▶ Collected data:
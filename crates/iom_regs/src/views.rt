/// The mode in which devices reach memory, ddtp.iommu_mode ("Device-directory-table pointer (ddtp)").
#[derive(Clone, Copy, PartialEq)]
pub enum Mode {
    /// Off, 0: all inbound transactions are disallowed.
    Off,
    /// Bare, 1: no access is translated; its IOVA is the physical address.
    Bare,
    /// 1LVL, 2LVL or 3LVL, 2 to 4: a device directory (DDT) with this number of levels, 1 to 3.
    Levels(u8),
}

/// One of the two queues of this model ("In-memory queue interface").
#[derive(Clone, Copy)]
pub enum Which {
    /// The command queue, CQ: software writes it, and the IOMMU reads it.
    Commands,
    /// The fault queue, FQ: the IOMMU writes it, and software reads it.
    Faults,
}

/// A queue, by its registers ("In-memory queue interface").
#[derive(Clone, Copy, PartialEq)]
pub struct Queue {
    /// Whether it is on: cqon or fqon.
    pub on: bool,
    /// The PPN of its first byte, 44 bits: its physical address divided by 4096.
    pub base: u64,
    /// How many entries it has: a power of two from 2 to 2^32.
    pub entries: u64,
    /// The index of the first entry, below `entries`.
    pub head: u64,
    /// The index after the last entry, below `entries`.
    pub tail: u64,
}

/// The errors that stop the command queue ("Command-queue CSR (cqcsr)").
#[derive(Clone, Copy)]
pub struct CommandErrors {
    /// cqmf: a command couldn't be read, or a fence couldn't store.
    pub memory_fault: bool,
    /// cmd_ill: the command at the head is illegal or unsupported.
    pub illegal: bool,
}

/// The errors that stop the fault queue ("Fault queue CSR (fqcsr)").
#[derive(Clone, Copy)]
pub struct FaultErrors {
    /// fqmf: a record couldn't be stored.
    pub memory_fault: bool,
    /// fqof: a record was lost because the queue was full.
    pub overflow: bool,
}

▶ Required work:
From the line containing "stop the fault" down to the last line of the data, transcribe every line exactly; nothing else should appear.

▶ Answer:
/// The errors that stop the fault queue ("Fault queue CSR (fqcsr)").
#[derive(Clone, Copy)]
pub struct FaultErrors {
    /// fqmf: a record couldn't be stored.
    pub memory_fault: bool,
    /// fqof: a record was lost because the queue was full.
    pub overflow: bool,
}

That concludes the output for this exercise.